Siti lalu mengeluarkan handphone dari dalam kantong bajunya. Lalu memperlihatkan galeri,semua foto-foto suaminya termasuk foto putrinya Cinta.


"Siti,ini benar bos saya!" Ucap Ratna.


"Jadi suami saya itu bos kamu? Kamu sudah lama kerja sama suami saya?"


"Iya sejak lulus kuliah. Siti,kamu sangat beruntung punya suami seperti pak Reynan!" Ucap Ratna sambil menyentuh lengan Siti.


"Hmm,kenapa?"


"Saya sering sih lihat pak Reynan berjalan sama wanita di kantor tapi tidak satu pun dari wanita itu yang bisa menjadikannya pacar."


"Maksud kamu,suami saya sering gonta ganti wanita tanpa pacaran,begitu?"


"Eehh bukan begitu Siti! Maksud saya,para wanita itu yang mengejar-ngejar pak Reynan tapi tak satu pun yang berhasil!"


"Hmm,kamu tidak tahu siapa pacarnya dulu?"


"Hmm,tidak tahu! Eeh tiba-tiba dengar kabar kalau beliau mau nikah. Dan hanya orang penting di perusahaan yang di undang. Denger- denger istrinya sangat cantik tapi saya tidak tahu kalau kamu yang jadi istrinya."


"Hmm begitu ya!"


"Kamu hebat Siti,bisa memenangkan hati pak Reynan!" Ratna mengacungkan keempat jempolnya.

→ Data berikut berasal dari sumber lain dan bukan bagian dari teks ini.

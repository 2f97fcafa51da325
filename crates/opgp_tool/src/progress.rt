//! How much was read, shown while it is read; and the first octets, which are kept.

ghost use Rattle.std.specs.Prelude.{◌≡◌, Some};
ghost use Rattle.opgp_tool.specs.Progress.{counts_text, read_of};

use crate::beginning::Beginning;
use opgp_stack::Source;
use std::alloc::Global;
use std::io::Write;
use std::{fmt, io};

/// How many octets are read before the next text.
const STEP: u64 = 16_777_216;

/// How much was read.
#[derive(Clone, Copy)]
pub struct Counts {
    octets: u64,
    packets: u64,
}

/// The text that is written over the one before, behind a carriage return.
impl fmt::Display for Counts {
    ghost output = { λ counts. Some (counts_text counts) };

    fn fmt<W: fmt::Write>(&self, f: &mut fmt::Formatter<W>) -> fmt::Result {
        let octets = self.octets;
        let packets = self.packets;
        write!(f, "\ropgp: {octets} octets, {packets} packets")
    }
}

/// A source that counts what is read of another one, shows it on a writer, if there is one, and
/// keeps the first octets.
#[derive(Drop)]
pub struct Progress<R, W> {
    alloc: Global,
    reader: R,
    shown: Option<W>,
    counts: Counts,
    due: u64,
    beginning: Beginning,
    skipped: u64,
}

impl<R: Source, W: Write + Drop> Progress<R, W> {
    /// This source, of which nothing was counted.
    pub fn new(alloc: Global, reader: R, shown: Option<W>) -> Self
        ensures { read_of result ≡ reader }
    {
        Progress {
            alloc,
            reader,
            shown,
            counts: Counts {
                octets: 0,
                packets: 0,
            },
            due: STEP,
            beginning: Beginning::new(alloc),
            skipped: 0,
        }
    }

    /// The first octets that were read, at most 65,536, or fewer where there was no memory for
    /// them.
    pub fn beginning(&self) -> &[u8] {
        self.beginning.octets()
    }

    /// How many octets were read.
    pub fn octets(&self) -> u64 {
        self.counts.octets
    }

    /// How many octets outside of armored blocks were passed over though they are no text.
    pub fn skipped(&self) -> u64 {
        self.skipped
    }

    /// Shows the counts, with this text behind them. A writer that fails, or no memory for the
    /// text, changes nothing else.
    fn show(&mut self, behind: &str)
        ensures { read_of self.new ≡ read_of self.old }
    {
        if let Some(writer) = &mut self.shown {
            if let Ok(text) = self.counts.to_string(self.alloc) {
                let _ = writer.write_all(text.as_bytes());
                let _ = writer.write_all(behind.as_bytes());
            }
        }
    }

    /// Shows the last counts, and ends the line.
    pub fn end(&mut self)
        ensures { read_of self.new ≡ read_of self.old }
    {
        self.show("\n");
    }
}

impl<R: Source, W: Write + Drop> Source for Progress<R, W> {
    ghost left = { λ p. R.left (read_of p) };

    ghost has_failed = { λ p. R.has_failed (read_of p) };

    fn pull(&mut self, buf: &mut [u8]) -> io::Result<usize> {
        let result = self.reader.pull(buf);
        if let Ok(n) = &result {
            self.counts.octets = self.counts.octets.saturating_add(*n as u64);
            self.beginning.add(&buf[..*n]);
        }
        result
    }

    fn failed(&self) -> bool {
        self.reader.failed()
    }

    fn note(&mut self, packets: u64, skipped: u64) {
        self.counts.packets = packets;
        self.skipped = skipped;
        if self.counts.octets >= self.due {
            self.due = self.counts.octets.saturating_add(STEP);
            self.show("");
        }
    }
}
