use advising::hint_of;
use difference::DifferenceTask;
use document::{DocumentAction, DocumentTask};
use ending::end_of;
use foreign::foreign_kind;
use hint::Hint;
use opgp_keyring::Keyring;
use opgp_octets::{Limits, write_hexadecimal};
use opgp_stack::{
    Action, Answer, Around, BoundTask, CleartextPart, EngineError, KeyName, Mode, NoSpool, Out,
    RunFault, Source, StateTask, Task as InputTask, Watched, keys_in, read_keyring, read_octets,
    read_signatures, run_around, run_bound, run_canonical, run_cleartext, run_difference,
    run_digests, run_last, run_signatures, run_spooled, run_states,
};
use progress::Progress;
use split::{SplitAction, SplitTask};
use spool_file::{beside_streams, open_spool};
use states::StatesTask;
use std::fs::File;
use std::io::{IsTerminal, Stderr, Stdin, Write};
use std::process::ExitCode;
use std::{env, io, mem};
use task::{Beside, Hints, NAME, Task, Usage, request_of};
use write::WriteTask;

/// The exit status of an invalid command line.
const USAGE: u8 = 2;

/// The most octets of a file of names of keys, which is kept in memory.
const MOST_KEYS: u64 = 67_108_864;

/// The most octets of a file of verdicts, which is kept in memory.
const MOST_VERDICTS: u64 = 1_073_741_824;

/// The exit status where reading, writing, memory or the spool failed.
const FAILED: u8 = 3;

fn main(rt: HostRuntime) -> ExitCode {
    let status = match env::args(&rt) {
        Ok(words) => match words.collect::<Vec<String>>(rt.alloc()) {
            Ok(words) => run_words(&rt, &words),
            Err(_) => end(&rt, &Err(RunFault::Memory)),
        },
        Err(error) if error.kind() == io::ErrorKind::OutOfMemory => {
            end(&rt, &Err(RunFault::Memory))
        }
        // An argument isn't UTF-8.
        Err(_) => {
            let _ = eprintln!(rt; "opgp: usage");
            USAGE
        }
    };
    ExitCode::from(status)
}
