//! Certificates of which only bound components stay, by verdicts on their signatures, and of
//! self-signatures only genuine ones.
#![tactic(auto)]

mod ahead;
mod bounding;
mod embedded;
mod issuers;
mod judged;
mod judging;
mod keeping;
pub mod laws;
mod newest;
pub mod newest_laws;
mod own;
mod replaced;
mod role;

pub use bounding::keep_bound;
pub use newest::keep_newest;
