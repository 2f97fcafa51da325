//! What a command makes of detached signatures and their document.

ghost use Rattle.std.specs.Prelude.{◌≡◌, IfSome, IfNone, List, Option, codes};
ghost use Rattle.clap.specs.Words.{first_of, found_of, rows_of};
ghost use Rattle.opgp_tool.specs.Words.{DocumentWork, IsDocumentWork, document_said};
ghost use Rattle.opgp_tool.specs.Words.{cleartext_part_of};
ghost use Rattle.opgp_tool.specs.Words.{is_given, part_of};

use crate::task::{given_number_of, is_given, word_of};
use clap::ArgMatches;
use opgp_octets::Limits;
use opgp_stack::{Around, CleartextPart, Mode};

/// What is made of detached signatures (RFC 9580, 10.4), or of a document.
#[derive(Clone, Copy)]
pub enum DocumentAction<'a> {
    /// A line for each packet of the signatures on standard input.
    Signatures,
    /// A line for each signature of the file of this name, over the document on standard input.
    Digests(&'a str),
    /// What the signature of this number in the file of this name hashes around its document.
    Around(&'a str, u64, Around),
    /// The canonical text of the document on standard input.
    Canonical,
    /// This part of the cleartext message on standard input.
    Cleartext(CleartextPart),
}

/// What is made, how the input is read, and within which limits.
#[derive(Clone, Copy)]
pub struct DocumentTask<'a> {
    /// How signatures are read.
    pub mode: Mode,
    /// The limits of what is read.
    pub limits: Limits,
    /// What is made.
    pub action: DocumentAction<'a>,
}

/// What `digest` makes: a line for each signature, or what one of them hashes.
fn digest_of<'a>(matches: &ArgMatches<'a>) -> Option<DocumentAction<'a>>
    ensures some { IfSome result (λ a.
        IsDocumentWork (codes "digest") (rows_of (found_of matches.now)) (document_said a)) }
    ensures none { IfNone result ((work : DocumentWork)
        → IsDocumentWork (codes "digest") (rows_of (found_of matches.now)) work → ⊥) }
{
    let file = word_of(matches, "signatures")?;
    let given = given_number_of(matches, "octets")?;
    match given {
        Some(row) => Some(DocumentAction::Around(file, row, part_of(matches))),
        None => {
            if is_given(matches, "salt") {
                None
            } else {
                Some(DocumentAction::Digests(file))
            }
        }
    }
}

/// Which octets `--octets` writes.
fn part_of(matches: &ArgMatches) -> Around
    ensures { result
        ≡ part_of (is_given (first_of (codes "salt") (rows_of (found_of matches.now)))) }
{
    if is_given(matches, "salt") {
        Around::Front
    } else {
        Around::Behind
    }
}

/// Which part of a message `--of` names.
fn cleartext_part_of(matches: &ArgMatches) -> CleartextPart
    ensures { result
        ≡ cleartext_part_of (first_of (codes "of") (rows_of (found_of matches.now))) }
{
    match word_of(matches, "of") {
        Some("hashed") => CleartextPart::Hashed,
        Some("signatures") => CleartextPart::Signatures,
        _ => CleartextPart::Document,
    }
}

/// What the command of this name makes, if it is one of these.
pub(crate) fn document_action_of<'a>(
    name: &str,
    matches: &ArgMatches<'a>,
) -> Option<DocumentAction<'a>>
    ensures some { IfSome result (λ a.
        IsDocumentWork name.now (rows_of (found_of matches.now)) (document_said a)) }
    ensures none { IfNone result ((work : DocumentWork)
        → IsDocumentWork name.now (rows_of (found_of matches.now)) work → ⊥) }
{
    match name {
        "signatures" => Some(DocumentAction::Signatures),
        "digest" => digest_of(matches),
        "canonical" => Some(DocumentAction::Canonical),
        "cleartext" => Some(DocumentAction::Cleartext(cleartext_part_of(matches))),
        _ => None,
    }
}
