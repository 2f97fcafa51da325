//! What the definition of a task implies.

ghost use Rattle.std.specs.Prelude.{◌≡◌, List};
ghost use Rattle.clap.specs.Words.{App, Text};
ghost use Rattle.opgp_tool.specs.Saying.{SaysRequest, SaysTask};
ghost use Rattle.opgp_tool.specs.Words.{Asked, AskedWork};

/// A command line names one task at most, with progress or without, and one directory of a spool.
pub fn words_name_one_task()
    ensures task { (program : App) (words : List Text) (a b : AskedWork)
        → SaysTask program words a → SaysTask program words b → a ≡ b }
    ensures request { (program : App) (words : List Text) (a b : Asked)
        → SaysRequest program words a → SaysRequest program words b → a ≡ b }
{}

Siti tersenyum tipis. Kamu tidak tahu saja Ratna bagaimana dinginnya awal-awal pernikahan kami. Batin Siti.


"Eh iya Siti,kamu kan istrinya pak Reynan,kamu bisa donk bantu saya?"


"Hmm,bantu apa Rat?"


"Hmm,perusahaan pak Rey tidak mengijinkan karyawannya menikah dengan sesama karyawan. Salah satu harus keluar! Saya dan calon saya kerja di sana jadi salah satu dari kami harus resign! Saya dan calon saya sudah betah kerja di sana! Bayarannya lumayan!" Terang Ratna. "Kamu bisa tidak bicara sama suami kamu supaya saya dan calon saya bisa tetap bekerja di sana setelah menikah nanti?" Pinta Ratna.


"Hmm,kalau masalah itu saya tidak janji Rat! Tapi saya akan coba bicara sama mas Rey!"


"Terimakasih ya Siti!" Ratna lalu memeluk Siti dengan senyum mengembang di wajahnya.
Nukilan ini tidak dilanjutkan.